Apreciamos o facto de a União ter facilitado aos seus membros o combate à crise - estabeleceu instrumentos que oferecem garantias para empréstimos e regras mais flexíveis para o uso de fundos europeus. O direito de conceder ajuda pública nos Estados-Membros também foi simplificado e as regras do Pacto de Estabilidade e Crescimento foram temporariamente suspensas. Cada Estado-Membro, um mais rápido e outro mais tarde, no âmbito dos seus orçamentos nacionais, começou a campanha de resgate de empregos e economia. No entanto, para que a Europa recupere seu crescimento e esplendor, precisamos fazer mais juntos.
Um orçamento à medida dos nossos tempos
È preciso livrarmo-nos do medo de um orçamento ambicioso. Na crise atual, a assistência mais eficaz da UE terá a forma de fundos alocados à política de coesão e agricultura. No entanto, a mera transferência de fundos dentro de valores já existentes substitui apenas as táticas de sobrevivência de curto prazo. E a Europa precisa de uma estratégia para reconstruir a sua posição.
A União deve alocar recursos financeiros completamente novos (talvez sob o Fundo „Recovery”) para combater os efeitos económicos da pandemia. Sabemos do passado que a estratégia de austeridade - aperto de cinto na crise de 2007-2013 - não deu resultados.
Ainda temos o conforto de identificar novas fontes de financiamento. A introdução de ITF, do imposto digital, taxa de carbono sobre as importações de países terceiros ou taxa do mercado único constituiria uma fonte valiosa dos rendimentos próprios da União.
Uma outra ação que continua não resolvida é a redução de fraude fiscal. Os países da UE perdem anualmente pelo menos 200 mil milhões de euros devido a fraudes transfronteiriças de sistemas fiscais (IVA, CIT, economia paralela). É mais do que o orçamento da UE para este ano. A raison d'etat européia é a abolição dos paraísos fiscais, que são grandes reservas e mostram o potencial financeiro da Europa. Aqui e agora, precisamos de arrecadar fundos para novos grandes investimentos em inovação, infraestruturas e reconstrução de muitos elos da cadeia de produção na Europa.

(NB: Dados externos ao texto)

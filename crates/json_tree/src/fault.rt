ghost use Rattle.std.specs.Prelude.{◌≡◌, ℕ, List, Result};
ghost use Rattle.json_tree.specs.declared.path.Step.{Step};
ghost use Rattle.json_tree.specs.declared.path.Step.TheVariants.{Name};
ghost use Rattle.json_tree.specs.declared.fault.Fault.TheVariants.{Memory};
ghost use Rattle.json_tree.specs.Checked.{Checked, Gives, both, nearer, under};

use crate::path::{Path, Step};
use skopeo_outside::Text;
use std::alloc::{AllocError, AllocFailed, Global};

/// Why a tree is refused: the first bad member, or want of memory.
#[derive(Debug, Drop)]
pub enum Fault {
    Member(Path),
    Memory,
}

impl From<skopeo_outside::Memory> for Fault {
    ghost from_gives = { λ _ e. e ≡ Memory };

    fn from(_e: skopeo_outside::Memory) -> Fault {
        Fault::Memory
    }
}

impl From<AllocError> for Fault {
    ghost from_gives = { λ _ e. e ≡ Memory };

    fn from(_e: AllocError) -> Fault {
        Fault::Memory
    }
}

impl<T: Drop> From<AllocFailed<T>> for Fault {
    ghost from_gives = { λ _ e. e ≡ Memory };

    fn from(_e: AllocFailed<T>) -> Fault {
        Fault::Memory
    }
}

/// The path with fewer steps, and the first where they have as many.
fn nearer(p: Path, q: Path) -> Path
    ensures { result ≡ nearer p q }
{
    if q.len() < p.len() { q } else { p }
}

/// Both values, or the nearer fault.
pub fn both<A: Drop, B: Drop>(
    first: Result<A, Fault>,
    second: Result<B, Fault>,
) -> Result<(A, B), Fault>
    ensures { (x : Checked A) (y : Checked B) → Gives first x → Gives second y → Gives result (both x y) }
{
    match first {
        Ok(a) => match second {
            Ok(b) => Ok((a, b)),
            Err(fault) => Err(fault),
        },
        Err(Fault::Memory) => Err(Fault::Memory),
        Err(Fault::Member(p)) => match second {
            Ok(_) => Err(Fault::Member(p)),
            Err(Fault::Memory) => Err(Fault::Memory),
            Err(Fault::Member(q)) => Err(Fault::Member(nearer(p, q))),
        },
    }
}

/// What was read behind one step.
pub fn under<A: Drop>(step: Step, read: Result<A, Fault>) -> Result<A, Fault>
    ensures { (x : Checked A) → Gives read x → Gives result (under step x) }
{
    match read {
        Ok(a) => Ok(a),
        Err(Fault::Memory) => Err(Fault::Memory),
        Err(Fault::Member(p)) => Err(Fault::Member(p.under(step)?)),
    }
}

/// What was read of the member of that name. It takes memory only where there is a fault.
pub fn at<A: Drop>(alloc: Global, name: &str, read: Result<A, Fault>) -> Result<A, Fault>
    ensures { (x : Checked A) → Gives read x → Gives result (under (Name name.now) x) }
{
    match read {
        Ok(a) => Ok(a),
        Err(Fault::Memory) => Err(Fault::Memory),
        Err(Fault::Member(path)) => {
            let step = Step::Name(Text::copy_of(alloc, name)?);
            Err(Fault::Member(path.under(step)?))
        }
    }
}
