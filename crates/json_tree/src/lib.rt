//! A reading of a JSON tree has a value exactly where no member is bad; else it names the first bad one.
#![tactic(auto)]

mod build;
mod fault;
mod leaf;
mod path;
mod pointer;
mod tree;

pub use build::{list_value, pairs_value, put, text_value};
pub use fault::{Fault, at, both, under};
pub use leaf::{
    push, read_items, read_members, read_optional_list, read_optional_object, read_text, read_whole,
};
pub use path::{Path, Step};
pub use tree::{Parsed, read_tree};
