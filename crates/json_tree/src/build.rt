ghost use Rattle.std.specs.Prelude.{◌≡◌, OnOk, OnErr, IfOk, All, map};
ghost use Rattle.serde_json.specs.Data.{Data, string, array, object, no_members, put};
ghost use Rattle.serde_json.specs.View.{view, items_of, members_view};
ghost use Rattle.json_tree.specs.Build.{WasMade, put_all};

use serde_json::{Map, Value};
use skopeo_outside::{Memory, Pair, Text};
use std::alloc::Global;

/// Adds a member, in the place of one with that name. Where memory is wanting the members stay as they were.
pub fn put(
    alloc: Global,
    members: &mut Map<String, Value>,
    name: &str,
    value: Value,
) -> Result<(), Memory>
    ensures put { OnOk result (members_view members.new.entries ≡ put name.now (view value) (members_view members.old.entries)) }
    ensures kept { OnErr result (members.new.entries ≡ members.old.entries) }
{
    let name = String::from_str(alloc, name)?;
    members.insert(name, value)?;
    Ok(())
}

pub fn text_value(alloc: Global, text: &Text) -> Result<Value, Memory>
    ensures { IfOk result (λ v. view v ≡ string text.now) }
{
    Ok(Value::try_from_str(alloc, text.as_str())?)
}

/// The list of what a function makes of each item.
pub fn list_value<A, F: Fn(&A) -> Result<Value, Memory>>(
    alloc: Global,
    items: &[A],
    one: F,
) -> Result<Value, Memory>
    requires { F.IsAlwaysCallable one }
    ensures value { (f : A → Data) → ((x : _) (r : _) → F.post one x r → IfOk r (λ v. view v ≡ f x.now))
        → IfOk result (λ v. view v ≡ array (items_of (map f items.now))) }
    // Each item was made by a call that answered Ok.
    ensures each { OnOk result (All (WasMade (F.post one)) items.now) }
{
    let mut values = Vec::new(alloc);
    for item in items {
        values.push(one(item)?)?;
    }
    Ok(Value::from(values))
}

/// The pairs as an object.
pub fn pairs_value(alloc: Global, pairs: &[Pair]) -> Result<Value, Memory>
    ensures { IfOk result (λ v. view v ≡ object (put_all pairs.now no_members)) }
{
    let mut members = Map::new(alloc);
    for pair in pairs {
        let value = text_value(alloc, &pair.value)?;
        put(alloc, &mut members, pair.name.as_str(), value)?;
    }
    Ok(Value::Object(members))
}
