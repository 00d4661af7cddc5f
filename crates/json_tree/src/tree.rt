ghost use Rattle.std.specs.Prelude.{◌≡◌, IfOk, option_map};
ghost use Rattle.serde_json.specs.View.{view};
ghost use Rattle.json_tree.specs.Tree.{tree};
ghost use Rattle.json_tree.specs.Parsed.{tree_of};

use serde_json::Value;
use skopeo_outside::Memory;
use std::alloc::Global;

/// The tree that the bytes are, if they are JSON in UTF-8.
pub fn read_tree(alloc: Global, bytes: &[u8]) -> Result<Option<Value>, Memory>
    ensures { IfOk result (λ v. option_map view v ≡ tree bytes.now) }
{
    match Value::from_slice(alloc, bytes) {
        Ok(value) => Ok(Some(value)),
        Err(fault) if fault.is_memory() => Err(Memory),
        Err(_) => Ok(None),
    }
}

/// The tree that some bytes are, if they are one: they are parsed once, and may be looked at often.
#[derive(Drop)]
pub struct Parsed {
    root: Option<Value>,
}

impl Parsed {
    /// Parses the bytes.
    pub fn of(alloc: Global, bytes: &[u8]) -> Result<Parsed, Memory>
        ensures { IfOk result (λ p. tree_of p ≡ tree bytes.now) }
    {
        let root = read_tree(alloc, bytes)?;
        Ok(Parsed { root })
    }

    /// The tree's root. It takes no memory.
    pub fn root(&self) -> Option<&Value>
        ensures { option_map (λ v. view v.now) result ≡ tree_of self.now }
    {
        self.root.as_ref()
    }
}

O Presidente da Comissão Europeia disse recentemente que "nas últimas quatro semanas, a Europa fez mais do que nos primeiros quatro anos da última crise". É verdade. Hoje, a comunidade enfrenta desafios sem precedentes. Mas este é apenas o primeiro quilómetro da maratona que temos a frente. A forma como lidamos com as consequências de uma pandemia redefinirá a União Europeia. "O futuro começa hoje, não amanhã", disse Santo João Paulo II. O nosso tempo de agir é agora.